Fransa'da aralarında eski Cumhurbaşkanı Sarkozy ile eski Başbakan Valls'ın da yer aldığı 300 Fransız'ın Kur'an-ı Kerim’den bazı ayetlerin çıkarılması yönündeki skandal bildirisine tepkiler büyüyerek devam ediyor.
Batılıların Kur’an-ı Kerim aleyhinde dile getirdikleri birtakım hezeyanların ilk olmadığını ifade eden Bingöl Üniversite Rektör Yardımcısı Profesör Doktor Hakan Olgun, “Tarih boyunca Kur’an-ı Kerim’e ve Hazreti Peygamberin şahsına dönük, Batı dünyasında pek çok haksız, mesnetsiz, hezeyan içeren iftiralarla karşılaştık. Bu son olacağı anlamına gelmiyor, bunun arkası gelecek.” dedi.
Olgun "Batı dünyasında İslam karşıtlığı olarak ortaya çıkan akımın temelinde İslam’ın iki değeri olan Hazreti Peygamberin şahsı ve Kur’an-ı Kerim var." ifadelerini kullandı.
“O Kur’an’ın yaşayan versiyonudur”
Diğer dinlerin geleneğinde "peygamber sünneti"nin söz konusu olmadığını ifade eden Olgun, “Kısmen belki Yahudilerde Hazreti Musa’nın sünnetinden bahsedilebilir. Ama bir Yahudi, bir Hristiyan, bir Budist, bir Hindu'da, kurucuları ya da peygamberleri olduğu kişi gibi davranma ve bundan sevap elde etme şeklinde kurumsal bir yapı söz konusu değil. Bizim geniş bir hadis külliyatımız söz konusu. Bizim için bir "Sünneti Seniyye" kavramı söz konusu ve buna göre davranıyoruz. Kur’an bize temel ahkâmı, ilkeyi belirtiyor. Cenab-ı Hakk, Hazreti Peygamberi (Sallallahu Aleyhi Vesellem) pek çok yerde böyle nitelendiriyor, Peygamber de kendisini böyle nitelendiriyor. O, Kur’an’ın yaşayan versiyonu. Kur’an’ın hayata nasıl geçirileceğini biz Müslümanlara, insanlara bildiriyor. Bu durum başka hiçbir dinin geleneğinde yok.” diye konuştu.

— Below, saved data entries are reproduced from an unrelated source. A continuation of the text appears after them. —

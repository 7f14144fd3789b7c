// Piles that creeps pick up.
ghost use Rattle.std.specs.Prelude.{◌≡◌, ◌≢◌, ℕ, ◌≤◌, List, Some};
ghost use Rattle.room_terrain.specs.declared.terrain.Ground.{Ground};
ghost use Rattle.room_table.specs.Tables.{HasId, find_object};
ghost use Rattle.world_rules.specs.RoomParts.{table_part};
ghost use Rattle.world_rules.specs.Loads.{picked_up, taken_from};
ghost use Rattle.room_rules.specs.Calls.{IsReady, Keeps, KeepsTallies};

use crate::amounts::free_in;
use action_checks::parties;
use game_tables::Action;
use intent_book::Intent;
use object_store::{Object, RoomTable};

/// Rules an entry to pick up: where it takes effect, the energy of the pile goes to the creep, as far as
/// that has room for it. A pile of which nothing is left is gone. Else nothing is done.
pub fn pickup(room: &mut RoomTable, intent: &Intent)
    requires ready { IsReady room.old }
    ensures rule { (grounds : List Ground)
        → table_part grounds room.new ≡ picked_up intent.now (table_part grounds room.old) }
    ensures tallies { KeepsTallies room.old room.new }
    ensures keeps { Keeps room.old room.new }
{
    let Some((creep, pile)) = parties(Action::Pickup, room, intent) else {
        return;
    };
    let amount = pile.energy.min(free_in(room, &creep));
    take_from(room, pile, amount);
    room.set(Object {
        energy: creep.energy + amount,
        ..creep
    });
}

// Takes an amount of energy from a pile of the room, which is gone once nothing is left of it.
fn take_from(room: &mut RoomTable, pile: Object, amount: u64)
    requires there { find_object pile.id room.old.objects ≡ Some pile }
    requires held { amount ≤ pile.energy }
    requires ready { IsReady room.old }
    ensures rule { (grounds : List Ground)
        → table_part grounds room.new ≡ taken_from pile amount (table_part grounds room.old) }
    ensures tallies { KeepsTallies room.old room.new }
    ensures keeps { Keeps room.old room.new }
    ensures others { (id : ℕ) → id ≢ pile.id → HasId id room.old.objects → HasId id room.new.objects }
{
    if amount == pile.energy {
        room.remove(pile.id);
    } else {
        room.set(Object {
            energy: pile.energy - amount,
            ..pile
        });
    }
}
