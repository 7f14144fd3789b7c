// The store of WebAssembly Core 1.0, chapter 4.2: a memory, global variables and a table of functions.
#![tactic(auto)]

mod memory;
mod table;
mod variables;

pub use memory::Pages;
pub use std::alloc::AllocError as NoMemory;
pub use table::FuncTable;
pub use variables::GlobalValues;
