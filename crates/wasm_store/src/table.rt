// A table of functions.
ghost use Rattle.std.specs.Prelude.{◌≡◌, ◌+◌, ◌<◌, ◌≤◌, ◌↔◌, IfOk, IsTrue, IsNone, false, None, Some, length};
ghost use Rattle.std.specs.Prelude.{replicate, slice_get, slice_set};
ghost use Rattle.wasm_store.specs.Tables.{with_entries};

use std::alloc::{AllocError, Global};
use std::marker::Model;

/// A table whose entries are empty or name a function by its index.
#[derive(Drop)]
pub struct FuncTable {
    entries: Vec<Option<u32>>,
}

impl Model for FuncTable {
    ghost use Rattle.std.specs.Prelude.{List, Option, ℕ};

    ghost Value = { List (Option ℕ) };

    ghost view = { λ t. t.entries.items };
}

impl FuncTable {
    /// So many entries, each empty.
    pub fn new(alloc: Global, n: u32) -> Result<FuncTable, AllocError>
        ensures { IfOk result (λ t. t ≡ replicate n None) }
    {
        let mut entries = Vec::new(alloc);
        entries.resize(n as usize, None)?;
        Ok(FuncTable { entries })
    }

    /// The entry, which may be empty, or `None` past the table's end.
    #[inline]
    pub fn get(&self, i: u32) -> Option<Option<u32>>
        ensures entry { result ≡ slice_get self.now i }
        ensures range { IsNone result ↔ (length self.now ≤ i) }
    {
        self.entries.get(i as usize).copied()
    }

    /// Writes entries from `at` on, and answers whether they are within the end. Nothing is changed where
    /// they pass it.
    pub fn write_span(&mut self, at: u32, entries: &[Option<u32>]) -> bool
        ensures range { IsTrue result ↔ (at + length entries.now ≤ length self.old) }
        ensures written { IsTrue result → self.new ≡ with_entries self.old at entries.now }
        ensures unchanged { result ≡ false → self.new ≡ self.old }
    {
        let from = at as usize;
        if from > self.entries.len() || entries.len() > self.entries.len() - from {
            return false;
        }
        self.entries[from..from + entries.len()].copy_from_slice(entries);
        true
    }

    /// Whether there is such an entry. It names that function then.
    #[inline]
    pub fn set(&mut self, i: u32, func: u32) -> bool
        ensures range { IsTrue result ↔ (i < length self.old) }
        ensures entry { IsTrue result → self.new ≡ slice_set self.old i (Some func) }
        ensures unchanged { result ≡ false → self.new ≡ self.old }
    {
        match self.entries.get_mut(i as usize) {
            Some(entry) => {
                *entry = Some(func);
                true
            }
            None => false,
        }
    }
}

“Model alınmasının önünü engellemek gibi bir girişim söz konusu”
Kur’an ve Hazreti Peygamberi hedef alan batı dünyasının amaçlarına değinen Olgun, “Hazreti Muhammed Aleyhisselatu Vesselam’ın şahsı ile ilgili olumsuz iftiralar, nitelemelerle insanların gözünde O’nun bu yüce değerinin zayıflatılması söz konusu. Böylece insan olarak Kur’an’ın nasıl yaşanacağının, model alınmasının önünü engellemek gibi bir girişim söz konusu. Hazreti Peygamber ile ilgili olumsuz bir proje. Batı dünyasında bilerek, isteyerek yapılan, bilimsel verilere dayanmayan, ideolojik temele dayanan bir proje.” İfadelerini kullandı.
“Kur’an dünya ve ahiret huzurunun kaynağıdır”
Kur’an’ın birçok açıdan ele alınması gerektiğini ifade eden Olgun, “Kur’an’da ekonomi ayetleri vardır. Kur’an’da miras hukuku vardır. Kur’an’da medeni hukuk vardır. Kur’an’da eğitim sistemi vardır. Kur’an’da zekâtın nasıl dağıtılacağı, savaş hükümleri, barış hükümleri vardır. Kur’an aynı zamanda medeni hukuk dediğimiz, ukubat dediğimiz, dünyevi yaşam, aile hayatından, evlenmeden, boşanmadan, devletin kimler tarafından idare edileceği ve hangi meziyete sahip olması gerektiği, adalet ilkesi üzerine inşa edilmesi gerektiği, şurayı temel alması gerektiğine ilişkin pek çok hususta politika anlamında Kur’an’ın önermiş olduğu insanlara pek çok doktrin söz konusudur. Bu doktrinlerin pek çoğu tabi ki batı düşünce sistemi açısından tedirginlik oluşturan söylemlerdir.” dedi.
“İslam dini hayatın her alanına hitap ediyor”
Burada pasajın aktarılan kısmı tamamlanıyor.